Ø  De acordo com o IBGE, o Produto Interno Bruto de 2015 caiu 3,8%, a produção da indústria encolheu 6,2%, os serviços tiveram uma queda de 2,7%, o consumo das famílias se retraiu 4% e o do governo encolheu 1%. A agropecuária foi o único setor a registrar crescimento de 1,8%. Em 2016, as projeções atuais indicam mais um ano de recessão com o PIB encolhendo acima de 3%. No campo dos investimentos, as estimativas apontam mais uma redução de 9,8%.
Ø  O poder de compra dos salários foi corroído pela inflação, pela redução dos reajustes e pelo aumento do desemprego. Quando comparamos o salário médio de janeiro de 2016 com o que era pago no mesmo mês de 2015, constatamos uma queda real de 7,4%.
Ø  A arrecadação pública encolheu 5,62%, já descontada a inflação. As transferências para estados e municípios caíram 5,8%. O déficit do setor público antes de pagar os juros da dívida interna passou de R$ 34,54 bi, em 2014, para R$ 111,25 bi em 2015. Em janeiro de 2016, apesar do corte na desoneração da folha de pagamento, a arrecadação total de tributos pelo governo federal teve uma queda real de 6,71% sobre o mesmo mês de 2015. Este resultado visualiza bem a fragilidade da atividade econômica e indica que a meta de superávit nas contas públicas antes do pagamento de juros, estimada em R$ 30,6 bi para todo o ano de 2016, dificilmente será atingida.
Ø  A dívida bruta fechou 2015 em R$ 3,927 tri e vai aumentar ainda mais em 2016. À medida que ela cresce, a arrecadação cai e a taxa de juros (SELIC) se mantém em patamares elevados, cada vez mais recursos públicos são destinados aos pagamentos de juros e demais obrigações financeiras, o que encolhe progressivamente as verbas disponíveis para os investimentos e os gastos sociais.
Ø  A retomada em 2017 dependerá de vários fatores, entre eles o comportamento da economia mundial e o equacionamento das contas públicas, duas frentes nas quais as incertezas tendem a não diminuir.

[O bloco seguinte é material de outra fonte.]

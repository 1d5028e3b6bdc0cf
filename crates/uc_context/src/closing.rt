//! Types without free variables: as types of the checker, and back.
ghost use Rattle.std.specs.Prelude.{◌≡◌, true, false, IfOk, IfSome, MatchOption};
ghost use Rattle.uc_context.specs.Closing.{open_from, opens_from, is_closed, are_closed};
ghost use Rattle.uc_context.specs.Counts.{open_node_count, levels_of_open};
ghost use Rattle.uc_context.specs.Opens.{opens_of};
ghost use Rattle.uc_tree.specs.Counts.{node_count, ty_levels};
ghost use Rattle.uc_tree.specs.Types.{tys_of};

use crate::open::{Open, OpenNode};
use std::alloc::{AllocError, Global};
use uc_tree::{Ty, TyNode};

impl Open {
    /// A type that is written or stored, as one of the checker.
    #[cycle(from_ty)]
    #[tactic(auto, using(crate::proofs::Closed::from_types))]
    pub fn from_ty(alloc: Global, ty: &Ty) -> Result<Open, AllocError>
        ensures { IfOk result (λ t. t ≡ open_from ty.now) }
    {
        match &ty.node {
            TyNode::Var(i) => Ok(Open::bound(*i)),
            TyNode::Forall(a) => Open::forall(alloc, Open::from_ty(alloc, a)?),
            TyNode::Arrow(a, b) => {
                Open::arrow(alloc, Open::from_ty(alloc, a)?, Open::from_ty(alloc, b)?)
            }
            TyNode::Unit => Ok(Open::unit()),
            TyNode::Tuple(ts) => Ok(Open::tuple(opens_from_tys(alloc, ts)?)),
            TyNode::Data(x, ts) => Ok(Open::data(*x, opens_from_tys(alloc, ts)?)),
        }
    }

    /// Whether no free variable stands in it.
    #[cycle(is_closed)]
    #[tactic(auto, using(crate::proofs::Sizes::parts))]
    pub fn is_closed(&self) -> bool
        ensures { result ≡ is_closed self.now }
    {
        match &self.node {
            OpenNode::Bound(_) | OpenNode::Unit => true,
            OpenNode::Rigid(_) | OpenNode::Exists(_) => false,
            OpenNode::Forall(a) => a.is_closed(),
            OpenNode::Arrow(a, b) => a.is_closed() && b.is_closed(),
            OpenNode::Tuple(ts) | OpenNode::Data(_, ts) => are_closed(ts),
        }
    }

    /// The type again that it is one of the checker of.
    #[cycle(to_ty)]
    #[tactic(auto, using(crate::proofs::Closed::closed_parts))]
    fn to_ty(&self, alloc: Global) -> Result<Ty, AllocError>
        requires { is_closed self.now ≡ true }
        ensures { IfOk result (λ t. open_from t ≡ self.now) }
    {
        match &self.node {
            OpenNode::Bound(i) => Ok(Ty::variable(*i)),
            OpenNode::Rigid(_) | OpenNode::Exists(_) => unreachable!(),
            OpenNode::Forall(a) => Ty::forall(alloc, a.to_ty(alloc)?),
            OpenNode::Arrow(a, b) => Ty::arrow(alloc, a.to_ty(alloc)?, b.to_ty(alloc)?),
            OpenNode::Unit => Ok(Ty::unit()),
            OpenNode::Tuple(ts) => Ok(Ty::tuple(tys_from_opens(alloc, ts)?)),
            OpenNode::Data(x, ts) => Ok(Ty::data(*x, tys_from_opens(alloc, ts)?)),
        }
    }

    /// The type as it is stored, or `None` where a free variable is left.
    #[tactic(auto, using(crate::proofs::Closed::sizes_from))]
    pub fn close(&self, alloc: Global) -> Result<Option<Ty>, AllocError>
        ensures ok { IfOk result (λ o. MatchOption o (is_closed self.now ≡ false) (λ t. open_from t ≡ self.now)) }
        ensures nodes { IfOk result (λ o. IfSome o (λ t. node_count t ≡ open_node_count self.now)) }
        ensures levels { IfOk result (λ o. IfSome o (λ t. ty_levels t ≡ levels_of_open self.now)) }
    {
        if !self.is_closed() {
            return Ok(None);
        }
        Ok(Some(self.to_ty(alloc)?))
    }
}

#[cycle(from_ty)]
#[tactic(auto, using(crate::proofs::Closed::from_types))]
fn opens_from_tys(alloc: Global, tys: &[Ty]) -> Result<Vec<Open>, AllocError>
    ensures { IfOk result (λ ts. opens_of ts.items ≡ opens_from (tys_of tys.now)) }
{
    let mut opens = Vec::new(alloc);
    for ty in tys {
        opens.push(Open::from_ty(alloc, ty)?)?;
    }
    Ok(opens)
}

#[cycle(is_closed)]
#[tactic(auto, using(crate::proofs::Closed::closed_parts))]
fn are_closed(ts: &[Open]) -> bool
    ensures { result ≡ are_closed (opens_of ts.now) }
{
    for t in ts {
        if !t.is_closed() {
            return false;
        }
    }
    true
}

#[cycle(to_ty)]
#[tactic(auto, using(crate::proofs::Closed::closed_parts))]
fn tys_from_opens(alloc: Global, ts: &[Open]) -> Result<Vec<Ty>, AllocError>
    requires { are_closed (opens_of ts.now) ≡ true }
    ensures { IfOk result (λ us. opens_from (tys_of us.items) ≡ opens_of ts.now) }
{
    let mut tys = Vec::new(alloc);
    for t in ts {
        tys.push(t.to_ty(alloc)?)?;
    }
    Ok(tys)
}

            Uma observação necessária: ao falar das contas públicas, precisamos resgatar também os aspectos que não são citados pela mídia e apontam o dedo acusador na direção das elites:
Ø  Os benefícios fiscais passaram de R$ 209 bi, em 2011, para R$ 408 bi em 2015. Estes recursos engordaram os caixas e os lucros das empresas, mas não se transformaram em investimentos, conforme era esperado pelo governo.
Ø  A sonegação de impostos de 2015 foi estimada em R$ 545 bi. Com este dinheiro, daria para resolver com sobras os problemas de saneamento básico no país (calculados em R$ 465 bi) ou os do transporte de carga através de uma malha ferroviária eficiente (cujo custo ficaria por volta dos R$ 282 bi). Por outro lado, tamanha sonegação explica também porque a volta da Contribuição Provisória sobre a Movimentação Financeira soma tantos inimigos entre as elites e os setores médios da sociedade.
Ø  O crescimento da dívida ativa da União. Em 2014, a dívida que as empresas têm com o Estado atingia R$ 1,38 tri e já superava o total de impostos recolhidos naquele ano (R$ 1,18 tri). Em 2015, ela não parou de crescer enquanto a arrecadação caia em termos reais. Entre os devedores, há empresas já falidas como Varig e Vasp, mas também gigantes como a Vale do Rio Doce (que deve R$ 41 bi), a Parmalat (R$ 25 bi) e a Petrobrás (R$ 15,6 bi). Trata-se de dinheiro público usado para investimentos que proporcionam lucros privados e cuja não devolução agrava a situação do governo.

            Olhando agora para a realidade que se projeta em 2016, percebemos, de imediato, que o Ministro da Fazenda, Nelson Barbosa, dispõe de bem poucos recursos para tentar reanimar a economia e deve alocá-los nos setores que mais geram empregos na tentativa de conter o descontentamento social que se agrava com o aprofundamento da recessão. Por outro lado, porém, ao saber da dificuldade de aumentar impostos, as propostas de reforma e os projetos de cortes dos gastos públicos tendem a prejudicar ainda mais a própria classe trabalhadora na tentativa de costurar acordos que permitam um mínimo de governabilidade. O problema desta postura é que as ações do próprio governo se tornam indefensáveis diante da classe trabalhadora e reduzem ainda mais o apoio social com o qual a presidente Dilma pode realmente contar.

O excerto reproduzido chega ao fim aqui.